Assignment
Where a line in the records below contains the string "FileAbsent", tally it; give only the final number.

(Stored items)
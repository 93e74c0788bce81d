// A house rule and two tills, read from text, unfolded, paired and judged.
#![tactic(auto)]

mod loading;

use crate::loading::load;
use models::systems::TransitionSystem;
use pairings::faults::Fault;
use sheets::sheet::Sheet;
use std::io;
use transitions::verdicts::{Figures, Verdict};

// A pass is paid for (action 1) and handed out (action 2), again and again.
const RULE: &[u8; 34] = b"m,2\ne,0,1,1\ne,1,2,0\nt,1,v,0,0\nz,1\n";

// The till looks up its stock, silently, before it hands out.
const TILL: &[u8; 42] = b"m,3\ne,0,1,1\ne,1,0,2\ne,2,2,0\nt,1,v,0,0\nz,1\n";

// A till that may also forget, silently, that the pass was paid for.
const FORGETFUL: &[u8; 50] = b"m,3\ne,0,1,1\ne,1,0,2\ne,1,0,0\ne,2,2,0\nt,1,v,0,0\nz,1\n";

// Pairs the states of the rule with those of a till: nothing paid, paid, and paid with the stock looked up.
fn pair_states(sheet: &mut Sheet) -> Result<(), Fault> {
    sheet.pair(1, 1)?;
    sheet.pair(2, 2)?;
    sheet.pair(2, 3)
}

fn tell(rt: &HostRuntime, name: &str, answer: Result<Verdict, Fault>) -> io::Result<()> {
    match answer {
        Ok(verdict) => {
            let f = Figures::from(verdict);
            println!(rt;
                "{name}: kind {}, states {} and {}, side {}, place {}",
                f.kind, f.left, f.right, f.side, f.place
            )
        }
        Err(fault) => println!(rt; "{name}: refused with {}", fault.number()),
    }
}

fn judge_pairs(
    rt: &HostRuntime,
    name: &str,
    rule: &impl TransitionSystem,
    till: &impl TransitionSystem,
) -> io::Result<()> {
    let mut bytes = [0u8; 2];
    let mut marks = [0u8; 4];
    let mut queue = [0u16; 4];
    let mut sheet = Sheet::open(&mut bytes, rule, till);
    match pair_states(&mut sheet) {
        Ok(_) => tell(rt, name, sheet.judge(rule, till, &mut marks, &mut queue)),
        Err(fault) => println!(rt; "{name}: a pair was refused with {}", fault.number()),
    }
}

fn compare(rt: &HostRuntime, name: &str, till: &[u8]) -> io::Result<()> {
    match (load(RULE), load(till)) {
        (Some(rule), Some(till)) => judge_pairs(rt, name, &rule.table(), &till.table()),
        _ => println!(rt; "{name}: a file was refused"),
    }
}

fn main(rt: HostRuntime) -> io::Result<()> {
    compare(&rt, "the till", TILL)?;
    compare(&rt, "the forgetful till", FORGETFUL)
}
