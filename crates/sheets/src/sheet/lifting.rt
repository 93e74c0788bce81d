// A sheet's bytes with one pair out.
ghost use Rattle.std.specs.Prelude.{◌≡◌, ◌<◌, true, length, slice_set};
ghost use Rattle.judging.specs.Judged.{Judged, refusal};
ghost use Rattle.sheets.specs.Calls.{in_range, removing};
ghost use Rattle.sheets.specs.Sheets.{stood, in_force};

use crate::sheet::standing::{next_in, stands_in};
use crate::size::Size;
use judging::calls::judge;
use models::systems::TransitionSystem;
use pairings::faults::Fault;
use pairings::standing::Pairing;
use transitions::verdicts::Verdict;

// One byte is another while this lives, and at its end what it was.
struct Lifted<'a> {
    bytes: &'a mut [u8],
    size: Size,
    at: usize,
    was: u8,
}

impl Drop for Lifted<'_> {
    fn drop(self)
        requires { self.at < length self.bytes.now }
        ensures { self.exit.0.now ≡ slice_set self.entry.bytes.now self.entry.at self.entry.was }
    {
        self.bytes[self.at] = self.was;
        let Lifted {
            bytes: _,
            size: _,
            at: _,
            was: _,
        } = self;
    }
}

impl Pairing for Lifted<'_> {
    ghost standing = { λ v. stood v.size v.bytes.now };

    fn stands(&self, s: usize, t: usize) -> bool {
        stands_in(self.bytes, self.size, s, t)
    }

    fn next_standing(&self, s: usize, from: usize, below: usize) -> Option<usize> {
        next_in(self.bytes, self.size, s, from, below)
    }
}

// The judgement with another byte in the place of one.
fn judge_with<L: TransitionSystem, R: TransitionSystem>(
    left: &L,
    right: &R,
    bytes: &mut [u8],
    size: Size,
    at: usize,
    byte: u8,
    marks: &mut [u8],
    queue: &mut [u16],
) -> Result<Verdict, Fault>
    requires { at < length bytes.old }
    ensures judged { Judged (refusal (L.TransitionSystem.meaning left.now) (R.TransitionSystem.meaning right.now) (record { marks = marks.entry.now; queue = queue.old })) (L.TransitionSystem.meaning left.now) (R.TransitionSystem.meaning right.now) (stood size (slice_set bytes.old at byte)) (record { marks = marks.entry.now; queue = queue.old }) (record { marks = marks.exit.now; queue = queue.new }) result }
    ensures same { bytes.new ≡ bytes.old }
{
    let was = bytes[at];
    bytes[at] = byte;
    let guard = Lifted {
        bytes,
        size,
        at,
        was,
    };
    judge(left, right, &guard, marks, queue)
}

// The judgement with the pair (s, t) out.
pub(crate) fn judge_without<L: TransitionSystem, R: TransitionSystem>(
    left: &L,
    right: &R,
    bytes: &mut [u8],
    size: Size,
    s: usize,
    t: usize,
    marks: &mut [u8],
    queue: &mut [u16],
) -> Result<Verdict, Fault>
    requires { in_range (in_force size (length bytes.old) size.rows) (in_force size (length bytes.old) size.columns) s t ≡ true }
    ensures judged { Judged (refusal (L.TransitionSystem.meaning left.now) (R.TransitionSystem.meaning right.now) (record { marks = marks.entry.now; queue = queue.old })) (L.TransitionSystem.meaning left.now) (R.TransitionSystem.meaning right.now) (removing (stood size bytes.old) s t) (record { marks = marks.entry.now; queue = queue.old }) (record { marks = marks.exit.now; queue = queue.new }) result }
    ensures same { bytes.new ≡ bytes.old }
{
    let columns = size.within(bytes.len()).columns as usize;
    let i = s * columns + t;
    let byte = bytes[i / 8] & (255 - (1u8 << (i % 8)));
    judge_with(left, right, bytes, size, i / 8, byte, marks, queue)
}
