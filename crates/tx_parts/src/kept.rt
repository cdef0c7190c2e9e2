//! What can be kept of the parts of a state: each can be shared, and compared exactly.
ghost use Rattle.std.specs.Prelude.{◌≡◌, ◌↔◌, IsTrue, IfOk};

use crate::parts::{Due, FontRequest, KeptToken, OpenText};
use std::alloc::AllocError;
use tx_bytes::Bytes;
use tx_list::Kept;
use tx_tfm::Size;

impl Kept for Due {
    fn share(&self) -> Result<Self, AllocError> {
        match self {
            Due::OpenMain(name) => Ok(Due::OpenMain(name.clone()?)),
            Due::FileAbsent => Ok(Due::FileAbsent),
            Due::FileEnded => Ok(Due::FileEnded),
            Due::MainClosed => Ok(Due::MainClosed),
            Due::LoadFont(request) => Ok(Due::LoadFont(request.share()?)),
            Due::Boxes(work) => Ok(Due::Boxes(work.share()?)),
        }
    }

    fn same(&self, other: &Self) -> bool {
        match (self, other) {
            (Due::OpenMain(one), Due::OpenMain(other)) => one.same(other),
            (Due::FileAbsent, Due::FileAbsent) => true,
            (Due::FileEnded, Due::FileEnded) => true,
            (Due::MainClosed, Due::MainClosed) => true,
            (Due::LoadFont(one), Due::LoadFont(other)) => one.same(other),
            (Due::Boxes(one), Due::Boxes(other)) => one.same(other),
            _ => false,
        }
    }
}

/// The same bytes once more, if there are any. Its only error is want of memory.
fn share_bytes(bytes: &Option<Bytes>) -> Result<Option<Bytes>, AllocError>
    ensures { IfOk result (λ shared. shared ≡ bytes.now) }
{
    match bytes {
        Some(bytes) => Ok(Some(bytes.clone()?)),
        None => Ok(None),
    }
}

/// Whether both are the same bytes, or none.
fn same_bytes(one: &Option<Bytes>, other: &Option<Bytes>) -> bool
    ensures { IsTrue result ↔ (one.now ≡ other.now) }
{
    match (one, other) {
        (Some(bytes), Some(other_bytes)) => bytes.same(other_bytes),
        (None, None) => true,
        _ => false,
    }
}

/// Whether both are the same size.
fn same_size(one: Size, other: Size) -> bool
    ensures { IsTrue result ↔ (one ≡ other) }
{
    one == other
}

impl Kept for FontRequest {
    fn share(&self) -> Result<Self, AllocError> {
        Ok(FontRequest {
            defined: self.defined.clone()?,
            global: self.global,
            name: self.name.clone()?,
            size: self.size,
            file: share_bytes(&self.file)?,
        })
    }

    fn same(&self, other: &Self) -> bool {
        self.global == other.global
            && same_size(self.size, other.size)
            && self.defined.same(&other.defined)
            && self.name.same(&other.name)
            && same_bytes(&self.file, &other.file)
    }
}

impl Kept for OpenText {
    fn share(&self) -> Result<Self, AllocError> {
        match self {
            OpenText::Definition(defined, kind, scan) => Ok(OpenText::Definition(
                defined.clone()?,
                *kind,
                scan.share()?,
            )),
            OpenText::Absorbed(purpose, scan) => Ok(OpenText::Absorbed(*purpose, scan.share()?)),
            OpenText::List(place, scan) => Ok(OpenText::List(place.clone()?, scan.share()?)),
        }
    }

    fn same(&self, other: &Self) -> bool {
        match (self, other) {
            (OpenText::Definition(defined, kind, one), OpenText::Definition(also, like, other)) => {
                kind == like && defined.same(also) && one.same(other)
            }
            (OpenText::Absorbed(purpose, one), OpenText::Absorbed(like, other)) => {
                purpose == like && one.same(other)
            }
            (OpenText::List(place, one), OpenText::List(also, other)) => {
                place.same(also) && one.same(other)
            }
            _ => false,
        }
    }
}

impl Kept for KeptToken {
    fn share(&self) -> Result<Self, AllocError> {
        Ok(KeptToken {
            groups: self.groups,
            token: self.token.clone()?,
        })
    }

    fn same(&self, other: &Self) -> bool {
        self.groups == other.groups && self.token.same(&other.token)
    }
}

Answer area
2